- Given information -
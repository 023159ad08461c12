//! A flush: all that isn't in the store is written.
ghost use Rattle.std.specs.Prelude.{◌≡◌, ◌+◌, ◌≤◌, length, OnOk, IfErr};
ghost use Rattle.std.specs.FinMap as map;
ghost use Rattle.std.specs.Result.{result_err};
ghost use Rattle.objstore.specs.Objects.{faults_told};
ghost use Rattle.mdcache.specs.Batches.{MayNotCommit};
ghost use Rattle.mdcache.specs.Core.{shown_in, state_of};
ghost use Rattle.mdcache.specs.Flushed.{AreExact, IsFlushed, KeepsTree};
ghost use Rattle.mdcache.specs.Mounted.{IsColdTree};
ghost use Rattle.dentry_cache.specs.CacheMap.{AreCaches};
ghost use Rattle.ranked_tree.specs.Exported.{StandSoundly};
ghost use Rattle.ranked_tree.specs.Held.{IsOwned};
ghost use Rattle.ranked_tree.specs.Ranked.{held_roots};

use crate::ranked_tree::RankedTree;
use mds_types::Refusal;
use objstore::Store;
use std::alloc::Global;
use std::thread::Threads;

impl<S: Store + Drop> RankedTree<S> {
    /// Writes all that isn't in the store, as `MdCache::flush` does and refuses. The roots stay, and so does whose each
    /// leaf is.
    pub fn flush(&mut self, rt: &(impl Threads + Sync), alloc: Global) -> Result<(), Refusal>
        requires few { length self.old.tree.caches.used ≤ 256 }
        ensures flushed { OnOk result (IsFlushed (state_of self.new.tree)) }
        ensures cold { OnOk result (IsColdTree self.new.tree.objects (shown_in self.old.tree)) }
        ensures exact { OnOk result (AreExact (state_of self.new.tree)) }
        ensures purged { OnOk result (self.new.tree.purge ≡ map.empty) }
        ensures jobs { self.new.tree.jobs ≡ map.empty }
        ensures number { self.new.tree.next_job ≡ self.old.tree.next_job }
        ensures tree { KeepsTree self.old.tree self.new.tree }
        ensures roots { self.new.subtrees ≡ self.old.subtrees }
        ensures exports { self.new.exports ≡ self.old.exports }
        ensures refused { IfErr result
            (MayNotCommit 256 (record (state_of self.old.tree) { jobs = map.empty }) self.old.tree.faults
            self.new.tree.faults) }
        ensures counted { self.new.tree.faults ≡ self.old.tree.faults + faults_told (result_err result) }
        ensures owned { IsOwned self.new.tree (held_roots self.new) }
        ensures stand { StandSoundly (state_of self.new.tree)
            (length self.new.tree.caches.used) self.new.subtrees self.new.exports }
        ensures orders { AreCaches self.new.tree.caches }
    {
        let done = self.tree.flush(rt, alloc);
        // The contract of `ranks` is what says it of the caches.
        let _ = self.tree.ranks();
        done
    }
}
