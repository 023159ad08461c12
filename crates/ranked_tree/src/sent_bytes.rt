//! The bytes of an export that was sent, told anew.
ghost use Rattle.std.specs.Prelude.{IfErr, IfOk};
ghost use Rattle.mdcache.specs.Core.{state_of};
ghost use Rattle.ranked_tree.specs.Exported.{IsDivided};
ghost use Rattle.ranked_tree.specs.SentBytes.{RefusesSentBytes, SpellsSent};

use crate::ranked_tree::RankedTree;
use crate::regions::Regions;
use crate::sending::encoded;
use export_regions::export_of;
use export_steps::ExportState;
use mdcache::MdCache;
use mds_types::{Bytes, Dirfrag, Frag, Ino, Refusal};
use objstore::Store;
use std::alloc::Global;

impl<S: Store + Drop> RankedTree<S> {
    /// The bytes of each fragment of the region of a sent export that isn't clean, spelled as Send spells them: those
    /// that Import compares its bytes with. Nothing changes. Takes memory for the region's dirty names and for the
    /// bytes.
    ///
    /// # Errors In this order: `WrongExportState` where no sent export of this root stands, `TooManyFrags` where a
    /// fragment of the region has more than 2^32 - 1 dirty names, so that Send would have been refused, `NoMemory`.
    pub fn sent_bytes(&self, alloc: Global, dir: Ino, frag: Frag) -> Result<Bytes, Refusal>
        ensures spelled { IfOk result
            (SpellsSent (state_of self.now.tree) self.now.subtrees.roots self.now.exports (dir, frag)) }
        ensures refused { IfErr result
            (RefusesSentBytes (state_of self.now.tree) self.now.subtrees.roots self.now.exports (dir, frag)) }
    {
        bytes_of_sent(alloc, &self.tree, &self.regions, dir, frag)
    }
}

// The bytes of what isn't clean of the region of a sent export.
fn bytes_of_sent<S: Store + Drop>(
    alloc: Global,
    tree: &MdCache<S>,
    regions: &Regions,
    dir: Ino,
    frag: Frag,
) -> Result<Bytes, Refusal>
    requires divided { IsDivided tree.now regions.now }
    ensures spelled { IfOk result
        (SpellsSent (state_of tree.now) regions.now.roots.roots regions.now.exports (dir, frag)) }
    ensures refused { IfErr result
        (RefusesSentBytes (state_of tree.now) regions.now.roots.roots regions.now.exports (dir, frag)) }
{
    let Some(export) = regions.export_in(dir, frag, ExportState::Sent) else {
        return Err(Refusal::WrongExportState);
    };
    let root = Dirfrag {
        dir,
        frag,
        rank: export.exporter,
    };
    let (caches, dirs) = (tree.caches(), tree.dirs());
    let sent = export_of(alloc, caches, &regions.roots, dirs, root, export.importer)?;
    Ok(encoded(alloc, &sent)?)
}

- Task to complete -
In the listing, find each line with the string "SpellsSent" and copy it.

- Answer to the exercise -
ghost use Rattle.ranked_tree.specs.SentBytes.{RefusesSentBytes, SpellsSent};
            (SpellsSent (state_of self.now.tree) self.now.subtrees.roots self.now.exports (dir, frag)) }
        (SpellsSent (state_of tree.now) regions.now.roots.roots regions.now.exports (dir, frag)) }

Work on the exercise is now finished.